- Bahía de La Concha en San Sebastián - Joseba A. Bontigui
Vivir unos días a bordo de un velero puede convertirse en las vacaciones que siempre hemos deseado. Navegar es una manera única de experimentar la libertad del mar y vivir momento únicos que recordaremos siempre. Algo tan sencillo como ver el atardecer desde el mar, atracar el barco con la puesta de sol, vivir el ambiente de camaradería de los puertos deportivos y acostarnos en el camarote esperando el amanecer, nos cambiará para siempre. La vida a bordo de un velero es el mejor antídoto para dejar atrás el ritmo alocado de la ciudad y disfrutar las vacaciones.
A toda vela por la Costa Vasca
La travesía a lo largo de la Costa Vasca es una manera diferente de disfrutar de unas vacaciones junto al mar. A lo largo de 250 kilómetros, la costa vasca de Francia y España muestra su particular personalidad a través paisajes, playas, calas y bahías escondidas y antiguos puertos pesqueros de piratas y corsarios.
Las travesías son cortas y cómodas. Los pueblos y ciudades se suceden unos a otros a lo largo de la costa y los puertos deportivos ofrecen todos los servicios necesarios.

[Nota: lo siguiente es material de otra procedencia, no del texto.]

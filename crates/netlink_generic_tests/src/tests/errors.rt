//! Errors of messages, each with its kind and its offset.

use crate::tests::samples::{NLCTRL, decoded, invalid};
use netlink_family::{FamilyError, Reason};
use netlink_generic::controller::{
    CTRL_ATTR_FAMILY_ID, CTRL_ATTR_FAMILY_NAME, CTRL_ATTR_MCAST_GRP_NAME, CTRL_ATTR_OP_ID, GROUP,
    GROUPS, OP, OPS,
};
use std::alloc::Global;
use std::test::Fail;

/// Returns the error of a payload: a header of zeros and these attributes.
fn error_of(alloc: Global, attributes: &[u8]) -> Result<Option<FamilyError>, Fail> {
    let mut payload = vec![in alloc; 0u8; 4]?;
    payload.extend_from_slice(attributes)?;
    Ok(decoded(alloc, &payload).err())
}

/// Returns the error of a value of the wrong size.
fn wrong_size(
    offset: usize,
    policy: u16,
    kind: u16,
    expected: usize,
    received: usize,
) -> Option<FamilyError> {
    let reason = Reason::WrongSize {
        kind,
        expected,
        received,
    };
    invalid(offset, policy, reason)
}

#[test]
fn each_invalid_attribute_has_its_error(rt: HostRuntime) -> Result<(), Fail> {
    let truncated = Reason::Truncated {
        expected: 8,
        received: 6,
    };
    let interior_nul = Reason::InteriorNul {
        kind: CTRL_ATTR_FAMILY_NAME,
    };
    let group_nul = Reason::InteriorNul {
        kind: CTRL_ATTR_MCAST_GRP_NAME,
    };
    let rows: [(&[u8], Option<FamilyError>); 9] = [
        (&[], None),
        (&[4, 0, 6, 0], None),
        (
            &[5, 0, 1, 0, 1, 0, 0, 0],
            wrong_size(4, 0, CTRL_ATTR_FAMILY_ID, 2, 1),
        ),
        (&[7, 0, 2, 0, b'a', 0, 0, 0], invalid(4, 0, interior_nul)),
        // an operation is cut after two bytes of its header
        (
            &[6, 0, 6, 0, 8, 0, 0, 0],
            invalid(8, OPS, Reason::Short { received: 2 }),
        ),
        // an operation is cut inside the value of its id
        (
            &[14, 0, 6, 0, 10, 0, 1, 0, 8, 0, 1, 0, 3, 0, 0, 0],
            invalid(12, OP, truncated),
        ),
        (
            &[16, 0, 6, 0, 12, 0, 1, 0, 6, 0, 1, 0, 3, 0, 0, 0],
            wrong_size(12, OP, CTRL_ATTR_OP_ID, 4, 2),
        ),
        (
            &[8, 0, 7, 0, 3, 0, 1, 0],
            invalid(8, GROUPS, Reason::InvalidLength { received: 3 }),
        ),
        (
            &[16, 0, 7, 0, 12, 0, 1, 0, 8, 0, 1, 0, b'a', 0, b'b', 0],
            invalid(12, GROUP, group_nul),
        ),
    ];
    for (attributes, expected) in rows.iter() {
        assert!(rt; error_of(rt.alloc(), attributes)? == *expected);
    }
    Ok(())
}

/// The last attribute of the captured reply is cut at each of its bytes: the array of groups is
/// truncated, whatever is left of it.
#[test]
fn a_truncated_nest_has_its_offset(rt: HostRuntime) {
    for left in 4usize..28 {
        let reason = Reason::Truncated {
            expected: 28,
            received: left,
        };
        let payload = &NLCTRL[16..108 + left];
        assert!(rt; decoded(rt.alloc(), payload).err() == invalid(92, 0, reason));
    }
}
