//! Commands of other families. The bytes are written by hand from linux/netdev.h.

use netlink_family::FamilyError;
use netlink_generic::command_frame;
use netlink_packet_core::{NLM_F_DUMP, NLM_F_REQUEST, NetlinkHeader, append_nla};
use std::alloc::Global;
use std::test::Fail;

/// `NETDEV_CMD_DEV_GET` for link 3, of a family with id 20.
const DEV_GET: [u8; 28] = [
    28, 0, 0, 0, 20, 0, 1, 0, 9, 0, 0, 0, 0, 0, 0, 0, // length 28, type 20, NLM_F_REQUEST
    1, 1, 0, 0, // command 1, version 1
    8, 0, 1, 0, 3, 0, 0, 0, // NETDEV_A_DEV_IFINDEX
];

/// The same for all links: a dump, without attributes.
const DEV_DUMP: [u8; 20] = [20, 0, 0, 0, 20, 0, 1, 3, 9, 0, 0, 0, 0, 0, 0, 0, 1, 1, 0, 0];

/// Returns a header for the family with id 20.
fn header(flags: u16) -> NetlinkHeader {
    NetlinkHeader {
        length: 7,
        message_type: 20,
        flags,
        sequence_number: 9,
        port_number: 0,
    }
}

/// Returns the frame of `NETDEV_CMD_DEV_GET` with these flags and attributes.
fn dev_get(alloc: Global, flags: u16, attributes: &[u8]) -> Result<Vec<u8>, FamilyError> {
    command_frame(alloc, header(flags), 1, 1, attributes)
}

#[test]
fn commands_are_written(rt: HostRuntime) -> Result<(), Fail> {
    let alloc = rt.alloc();
    let mut attributes = Vec::new(alloc);
    append_nla(alloc, &mut attributes, 1, &[3, 0, 0, 0])?;
    let get = dev_get(alloc, NLM_F_REQUEST, &attributes)?;
    assert_eq!(rt; get.as_slice(), DEV_GET.as_slice());
    let dump = dev_get(alloc, NLM_F_REQUEST | NLM_F_DUMP, &[])?;
    assert_eq!(rt; dump.as_slice(), DEV_DUMP.as_slice());
    Ok(())
}
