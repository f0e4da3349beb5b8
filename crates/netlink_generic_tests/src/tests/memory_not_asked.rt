//! Code that does not allocate.
//!
//! `tests/memory` runs each test with every allocation failing, starting at its marker: the test
//! passes and allocates nothing after the marker.

use crate::tests::mark::refuse_from_here;
use crate::tests::samples::{NLCTRL, has_groups, message_in};
use netlink_generic::{family_id, family_name, family_named, is_family_name};

#[test]
fn frames_in_hand(rt: HostRuntime) {
    refuse_from_here(rt.alloc());
    match message_in(&NLCTRL) {
        Some(family) => {
            assert!(rt; family_id(&family) == Some(16));
            assert!(rt; family_name(&family) == Some(b"nlctrl".as_slice()));
            let groups: [(Option<&[u8]>, Option<u32>); 1] = [(Some(b"notify"), Some(16))];
            assert!(rt; has_groups(&family, &groups));
        }
        None => assert!(rt; false),
    }
    assert!(rt; family_named(&NLCTRL, "nlctrl").is_some());
    assert!(rt; is_family_name("nlctrl"));
}
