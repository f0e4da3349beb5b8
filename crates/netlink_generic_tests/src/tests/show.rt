//! Messages as text.

use crate::tests::samples::{NLCTRL, decoded};
use std::test::Fail;

const LINES: &'static str = "type 16
cmd: 1
version: 2
CTRL_ATTR_FAMILY_NAME: nlctrl
CTRL_ATTR_FAMILY_ID: 16
CTRL_ATTR_VERSION: 2
CTRL_ATTR_HDRSIZE: 0
CTRL_ATTR_MAXATTR: 0
CTRL_ATTR_OPS:
  1:
    CTRL_ATTR_OP_ID: 3
    CTRL_ATTR_OP_FLAGS: 14
  2:
    CTRL_ATTR_OP_ID: 10
    CTRL_ATTR_OP_FLAGS: 12
CTRL_ATTR_MCAST_GROUPS:
  1:
    CTRL_ATTR_MCAST_GRP_ID: 16
    CTRL_ATTR_MCAST_GRP_NAME: notify
";

#[test]
fn a_family_is_shown(rt: HostRuntime) -> Result<(), Fail> {
    let alloc = rt.alloc();
    let message = decoded(alloc, &NLCTRL[16..])?;
    assert_eq!(rt; message.message_view().show(alloc)?.as_str(), LINES);
    Ok(())
}
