//! Requests for families.

use crate::tests::samples::REQUEST;
use netlink_family::FamilyError;
use netlink_generic::controller::{GENL_CMD, GENL_VERSION};
use netlink_generic::{is_family_name, request_by_name};
use netlink_packet_core::{NLM_F_REQUEST, NetlinkHeader, NetlinkMessage, NetlinkPayload};
use std::alloc::Global;
use std::test::Fail;

/// Returns the frame of the request for a family, with sequence number 1.
fn frame_of_request(alloc: Global, name: &str) -> Result<Vec<u8>, Fail> {
    if !is_family_name(name) {
        return Err(Fail::new("not a name"));
    }
    let header = NetlinkHeader {
        flags: NLM_F_REQUEST,
        sequence_number: 1,
        ..NetlinkHeader::default()
    };
    let request = request_by_name(alloc, name)?;
    Ok(NetlinkMessage::new(header, NetlinkPayload::InnerMessage(request)).into_frame(alloc)?)
}

#[test]
fn a_request_is_that_of_the_captured_datagram(rt: HostRuntime) -> Result<(), Fail> {
    let frame = frame_of_request(rt.alloc(), "nlctrl")?;
    assert_eq!(rt; frame.as_slice(), REQUEST.as_slice());
    Ok(())
}

/// Returns whether the request for `nlctrl` has these fields and this name.
fn is_request(alloc: Global) -> Result<bool, FamilyError> {
    let request = request_by_name(alloc, "nlctrl")?;
    let header = request.header();
    let is_get = header.u8(GENL_CMD) == 3 && header.u8(GENL_VERSION) == 1;
    Ok(is_get && request.bytes.as_slice() == &REQUEST[16..])
}

/// The prover computes that a literal is the name of a family.
#[test]
fn a_request_by_a_literal_needs_no_test(rt: HostRuntime) -> Result<(), Fail> {
    assert!(rt; is_request(rt.alloc())?);
    Ok(())
}

#[test]
fn names_are_short_and_have_no_nul(rt: HostRuntime) {
    let rows = [
        ("", true),
        ("nl80211", true),
        ("fifteen letters", true),
        ("sixteen letters!", false),
        ("nul\0", false),
        ("\0nul", false),
        ("straße", true),
    ];
    for (name, expected) in rows.iter() {
        assert!(rt; is_family_name(name) == *expected);
    }
}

Descubriremos lugares que cambian su apariencia por la influencia del mar y paisajes que se esconden a las miradas ajenas que solo se ven cuando la marea lo permite.
La costa vasco francesa está plagada de contrastes. Por un lado podemos encontrar ciudades como Bayona y Biarritz donde es habitual encontrarse con artistas y políticos franceses veraneando. Por otro lado, están los pueblos de pescadores como San Juan de Luz que mantienen su cultura y tradición vasca y bullen de alegría durante el verano. Es una delicia caminar por sus callejuelas leyendo los nombres de los piratas y corsarios que les dan nombre.
A pocas millas de navegación, la proa de nuestro barco surcará las olas frente a playas como la de Hendaya rumbo a la costa vasco española. Descubriremos paisajes donde detenernos, pueblos donde disfrutar de las tradiciones marineras y ciudades donde hacer un alto en la travesía para disfrutar de las posibilidades culturales que ofrecen. La bahía de la Concha de San Sebastián es un lugar perfecto para fondear el velero, al igual que el puerto de pescadores de Getaria desde donde podremos ir a visitar el nuevo Museo Balenciaga. Si decimos seguir la singladura podremos navegar hasta el puerto deportivo de Getxo para visitar la ciudad de Bilbao y le museo Guggenheim. Durante la travesía podremos conocer la Reserva de Urbaibai, la ermita de Gaztelugatxe en Bermeo o pueblos pesqueros tradicionales como Ondarroa, Lekeitio o Mundaka, conocido en todo el mundo por el campeonato de surf que se celebra en el mes de septiembre.
Navegavela, unas vacaciones diferentes
Hasta hace unos pocos años este tipo de vacaciones parecían mas propias del Mediterráneo que del Mar Cantábrico. Sin embargo, estos últimos años el clima se ha dulcificado y la primavera y el verano se han convertido en las mejores estaciones para navegar. Hasta hace bien poco, este tipo de empresas no eran habituales en el País Vasco y la posibilidad de pasar las vacaciones en un velero era muy limitada.
La empresa Navegavela es una de las pioneras. Es una empresa familiar que nació con el deseo de compartir el amor al mar que tienen sus dueños. Lleva organizando excursiones y vacaciones familiares en velero desde hace varios años. En el 2005 recibieron el premio a la mejor empresa de servicios de Guipúzcoa y desde entonces no han dejado de iniciar en la navegación a vela a cientos de personas. Se caracterizan porque ofrecen sus embarcaciones para un día o unas cortas vacaciones, con capitán o sin capitán, siempre y cuando tengamos la titulación náutica. Ellos prepararán el barco y lo necesario para que la vida a bordo y la navegación sean cómodas. Con su ayuda es posible tener esas vacaciones diferentes que todos buscamos disfrutar.
Es cierto que navegar tiene sus normas y obligaciones. Para disfrutar de una buena travesía hay que aprender los rudimentos de la navegación. Hay que cumplir ciertas reglas de seguridad y realizar las tareas del día a día. La colaboración de todos los tripulantes es imprescindible y aunque parezca contradictorio, el trabajo a bordo se convierte en el mayor atractivo.